▼

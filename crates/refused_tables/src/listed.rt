//! Listed conflicts, ordered and taken together by their productions.

ghost use Rattle.std.specs.Prelude.{◌≡◌, ◌<◌, ◌≤◌, ◌++◌, ◌∷◌, ◌↔◌, [], All, Contains, IfOk, ℕ, OnOk, Some, drop, length, map, take};
ghost use Rattle.std.specs.List.Sorted.{IsStrictlyIncreasing};
ghost use Rattle.refused_tables.specs.Blocks.{AreBlocks, AreListed, all_listed, go_together, groups};

use cfg_base::symbol::{PIdx, TIdx};
use lrtable::{Conflicts, StIdx};
use std::alloc::{AllocError, Global};

/// A listed conflict: a reduction against a shift, or against another reduction.
#[derive(Clone, Copy, Debug, PartialEq, Eq, PartialOrd, Ord)]
pub struct Listed {
    /// The production that is reduced.
    pub pidx: PIdx<u32>,
    /// The other production of a pair.
    pub other: Option<PIdx<u32>>,
    /// The token ahead.
    pub token: TIdx<u32>,
    /// The state of both actions.
    pub state: StIdx<u32>,
}

/// Adds a listed conflict.
fn push_listed(
    listed: &mut Vec<Listed>,
    entry: (TIdx<u32>, PIdx<u32>, StIdx<u32>),
    other: Option<PIdx<u32>>,
) -> Result<(), AllocError>
    ensures { OnOk result (listed.new.items ≡ listed.old.items ++ record { pidx = entry.1; other = other; token = entry.0; state = entry.2 } ∷ []) }
{
    let (token, pidx, state) = entry;
    listed.push(Listed {
        pidx,
        other,
        token,
        state,
    })?;
    Ok(())
}

/// Returns the listed pairs of reductions, and then the shifts against reductions, both ordered by their productions, token and
/// state.
fn listed_of(alloc: Global, conflicts: &Conflicts<u32>) -> Result<Vec<Listed>, AllocError>
    ensures { IfOk result (λ v. AreListed ⟦<Listed as Ord>⟧.cmp (Some conflicts.now) v.items) }
{
    let (mut pairs, mut shifts) = (Vec::new(alloc), Vec::new(alloc));
    'pairs: for entry in conflicts.rr_conflicts().as_slice() {
        let (token, pidx, other, state) = *entry;
        push_listed(&mut pairs, (token, pidx, state), Some(other))?;
    }
    'shifts: for entry in conflicts.sr_conflicts().as_slice() {
        push_listed(&mut shifts, *entry, None)?;
    }
    pairs.sort()?;
    shifts.sort()?;
    pairs.extend_from_slice(shifts.as_slice())?;
    Ok(pairs)
}

/// Returns how many conflicts at the front are in one block: those of the productions of the first one, or that one.
fn block_len(listed: &[Listed], each: bool) -> usize
    ensures len { result ≤ length listed.now }
    ensures block { 0 < length listed.now → groups (go_together each) listed.now ≡ take result listed.now ∷ groups (go_together each) (drop result listed.now) }
    ensures some { 0 < length listed.now → 0 < result }
{
    let mut count: usize = 0;
    'entries: for entry in listed {
        let first = listed[0];
        if count > 0 && (each || entry.pidx != first.pidx || entry.other != first.other) {
            return count;
        }
        count = count.saturating_add(1);
    }
    count
}

/// Adds a block for each production or pair of productions, or for each conflict.
fn push_blocks(
    alloc: Global,
    blocks: &mut Vec<Vec<Listed>>,
    listed: &[Listed],
    each: bool,
) -> Result<(), AllocError>
    ensures { OnOk result (map (λ b. b.items) blocks.new.items ≡ map (λ b. b.items) blocks.old.items ++ groups (go_together each) listed.now) }
{
    let mut start: usize = 0;
    'blocks: while start < listed.len() {
        let (_, left) = listed.split_at(start);
        let (block, _) = left.split_at(block_len(left, each).min(left.len()));
        blocks.push(Vec::from_slice(alloc, block)?)?;
        start = start.saturating_add(block.len().max(1));
    }
    Ok(())
}

/// Returns the listed conflicts in blocks: one for each production or pair of productions, or for each conflict. Pairs of
/// reductions come first. Blocks are in the order of the productions, and conflicts in that of the tokens, then of the states.
pub fn blocks_of(
    alloc: Global,
    conflicts: &Conflicts<u32>,
    each: bool,
) -> Result<Vec<Vec<Listed>>, AllocError>
    ensures blocks { IfOk result (λ v. AreBlocks ⟦<Listed as Ord>⟧.cmp each (Some conflicts.now) (map (λ b. b.items) v.items)) }
    ensures listed { IfOk result (λ v. All (λ b. All (Contains (all_listed (Some conflicts.now))) b.items) v.items) }
{
    let listed = listed_of(alloc, conflicts)?;
    let mut blocks = Vec::new(alloc);
    push_blocks(alloc, &mut blocks, listed.as_slice(), each)?;
    Ok(blocks)
}

/// Returns the states that conflicts are in, in order.
pub fn states_of(alloc: Global, listed: &[Listed]) -> Result<Vec<StIdx<u32>>, AllocError>
    ensures each { IfOk result (λ v. (n : ℕ) → Contains (map (λ s. s.0) v.items) n ↔ Contains (map (λ e. e.state.0) listed.now) n) }
    ensures once { IfOk result (λ v. IsStrictlyIncreasing (map (λ s. s.0) v.items)) }
{
    let mut states = Vec::new(alloc);
    'entries: for entry in listed {
        states.push(entry.state)?;
    }
    states.sort()?;
    states.dedup();
    Ok(states)
}
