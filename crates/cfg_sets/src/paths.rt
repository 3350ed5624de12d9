//! Which rules a rule reaches by references.

ghost use Rattle.std.specs.Prelude.{◌≡◌, ◌<◌, ◌↔◌, ◌⊎◌, IsTrue, IfOk, OnOk, length};
ghost use Rattle.cfg_theory.specs.Grammar.{head_of};
ghost use Rattle.cfg_theory.specs.Derivation.{HasPath};
ghost use Rattle.cfg_numbered.specs.Symbols.{sym_of};
ghost use Rattle.vob.specs.Sets.{is_set, missing};
ghost use Rattle.cfg_sets.specs.Paths.{AreReached, IsReachedFrom, IsIn, HasPlace, Reaches, ReachGoesOn, with_rule};
ghost use Rattle.vob.specs.Passes.{PassStep};

use crate::work_list::{WorkList, WorkTable, fill};
use cfg_base::index::IndexStorage;
use cfg_base::steps::Steps;
use cfg_base::symbol::{PIdx, RIdx, Symbol};
use cfg_numbered::yacc::grammar::NumberedGrammar;
use cfg_theory::rules::path_tables_are_exact;
use std::alloc::{AllocError, Global};
use std::marker::Brand;
use std::sync::ledger::{Blank, Ledger};
use vob::Vob;

/// Returns whether a rule reaches another, or itself, by one or more references in productions.
pub fn has_path<S: IndexStorage>(
    alloc: Global,
    grm: &NumberedGrammar<S>,
    from: RIdx<S>,
    to: RIdx<S>,
) -> Result<bool, AllocError>
    requires from { S.number from.0 < grm.now.grammar.rules }
    requires to { S.number to.0 < grm.now.grammar.rules }
    ensures { IfOk result (λ b. IsTrue b ↔ HasPath grm.now.grammar (S.number from.0) (S.number to.0)) }
{
    find_with_blank::<S, Brand>(alloc, grm, from, to, Blank::new(1))
}

/// Puts a symbol into the set, where it is a rule, and returns whether that changed the set.
fn add_symbol<S: IndexStorage>(symbol: Symbol<S>, reached: &mut Vob) -> bool
    requires { HasPlace reached.old.bits (sym_of S.number symbol) }
    ensures bits { reached.new.bits ≡ with_rule reached.old.bits (sym_of S.number symbol) }
    ensures steps { PassStep missing (λ b. IsIn b (sym_of S.number symbol)) reached.old.bits reached.new.bits result }
{
    match symbol {
        Symbol::Rule(rule) => reached.set(rule.0.to_usize(), true),
        Symbol::Token(_) => false,
    }
}

/// Puts a symbol into the set, where it is a rule. That waits from then on, where it wasn't there.
pub fn reach<S: IndexStorage>(
    symbol: Symbol<S>,
    reached: &mut Vob,
    work: &mut WorkList,
) -> Result<(), AllocError>
    requires place { HasPlace reached.old.bits (sym_of S.number symbol) }
    requires work { work.old.rules ≡ length reached.old.bits }
    ensures { OnOk result (Reaches (sym_of S.number symbol) reached.old.bits reached.new.bits work.old work.new) }
{
    if !add_symbol(symbol, reached) {
        return Ok(());
    }
    match symbol {
        Symbol::Rule(rule) => {
            work.put(rule.0.to_usize())?;
            Ok(())
        }
        Symbol::Token(_) => Ok(()),
    }
}

/// Puts the rules that a production names into the set. Those that weren't there wait from then on.
fn reach_named<S: IndexStorage>(
    grm: &NumberedGrammar<S>,
    from: RIdx<S>,
    pidx: PIdx<S>,
    reached: &mut Vob,
    work: &mut WorkList,
) -> Result<(), AllocError>
    requires production { S.number pidx.0 < length grm.now.grammar.productions }
    requires width { length reached.old.bits ≡ grm.now.grammar.rules }
    requires sound { AreReached grm.now.grammar (S.number from.0) reached.old.bits }
    requires reached { (head_of grm.now.grammar (S.number pidx.0) ≡ S.number from.0) ⊎ IsTrue (is_set reached.old.bits (head_of grm.now.grammar (S.number pidx.0))) }
    requires work { work.old.rules ≡ grm.now.grammar.rules }
    ensures width { OnOk result (length reached.new.bits ≡ grm.now.grammar.rules) }
    ensures sound { OnOk result (AreReached grm.now.grammar (S.number from.0) reached.new.bits) }
    ensures went_on { OnOk result (ReachGoesOn grm.now.grammar (S.number from.0) reached.old.bits reached.new.bits work.old work.new) }
    ensures here { OnOk result (IsReachedFrom grm.now.grammar (S.number from.0) (S.number pidx.0) reached.new.bits) }
{
    grm.stays_well_formed();
    let symbols = grm.prod(pidx);
    'symbols: for index in 0..symbols.len() {
        reach(symbols[index], reached, work)?;
    }
    Ok(())
}

/// The rules that a rule reaches, as they are found.
#[derive(Drop)]
struct Reaching<'a, S: IndexStorage> {
    grm: &'a NumberedGrammar<S>,
    from: RIdx<S>,
    reached: Vob,
}

impl<'a, S: IndexStorage> WorkTable for Reaching<'a, S> {
    ghost use Rattle.std.specs.Prelude.{◌≡◌, length, refl};
    ghost use Rattle.std.proofs.Common.{◌∙◌};
    ghost use Rattle.vob.specs.Sets.{missing};
    ghost use Rattle.cfg_sets.specs.Paths.{AreReached, IsReachClosedBut};

    ghost rules = { λ s. s.grm.now.grammar.rules };

    ghost is_sound = { λ s. (length s.reached.bits ≡ s.grm.now.grammar.rules) × AreReached s.grm.now.grammar (S.number s.from.0) s.reached.bits };

    ghost room = { λ s. missing s.reached.bits };

    ghost is_closed_but = { λ s list. IsReachClosedBut s.grm.now.grammar (S.number s.from.0) s.reached.bits list };

    ghost is_of_same = { λ s t. (t.grm.now ≡ s.grm.now) × (S.number t.from.0 ≡ S.number s.from.0) };

    ghost same_refl = { λ s. (refl, refl) };

    ghost same_trans = { λ s t u h k. (k.0 ∙ h.0, k.1 ∙ h.1) };

    fn take(&mut self, rule: usize, work: &mut WorkList) -> Result<(), AllocError> {
        let prods = self.grm.rule_to_prods(self.grm.rule_at(rule));
        'prods: for index in 0..prods.len() {
            reach_named(self.grm, self.from, prods[index], &mut self.reached, work)?;
        }
        Ok(())
    }
}

/// Returns whether a rule reaches another, with a step for each rule that is taken from the work list.
fn find_path<S: IndexStorage, L: Ledger>(
    alloc: Global,
    grm: &NumberedGrammar<S>,
    from: RIdx<S>,
    to: RIdx<S>,
    steps: &mut Steps<L>,
) -> Result<bool, AllocError>
    requires from { S.number from.0 < grm.now.grammar.rules }
    requires to { S.number to.0 < grm.now.grammar.rules }
    ensures { IfOk result (λ b. IsTrue b ↔ HasPath grm.now.grammar (S.number from.0) (S.number to.0)) }
{
    path_tables_are_exact();
    let rules = grm.rules_len().0.to_usize();
    let reached = Vob::from_elem(alloc, false, rules)?;
    let mut work = WorkList::new(alloc, rules)?;
    work.put(from.0.to_usize())?;
    let mut reaching = Reaching { grm, from, reached };
    fill(&mut reaching, &mut work, steps)?;
    Ok(reaching.reached.get_unchecked(to.0.to_usize()))
}

/// Finds whether there is a path, without a step counter.
fn find_with_blank<S: IndexStorage, L: Ledger>(
    alloc: Global,
    grm: &NumberedGrammar<S>,
    from: RIdx<S>,
    to: RIdx<S>,
    blank: Blank,
) -> Result<bool, AllocError>
    requires from { S.number from.0 < grm.now.grammar.rules }
    requires to { S.number to.0 < grm.now.grammar.rules }
    requires name { blank.name ≡ L.name }
    requires parts { blank.parts ≡ L.parts }
    requires one { blank.parts ≡ 1 }
    ensures { IfOk result (λ b. IsTrue b ↔ HasPath grm.now.grammar (S.number from.0) (S.number to.0)) }
{
    let mut steps = Steps::<L>::new(blank);
    find_path(alloc, grm, from, to, &mut steps)
}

▲

WHAT IS BEING ASKED = When the string "Brand" occurs in a line of the material, that line belongs in the answer.

WRITTEN RESPONSE =
use std::marker::Brand;
    find_with_blank::<S, Brand>(alloc, grm, from, to, Blank::new(1))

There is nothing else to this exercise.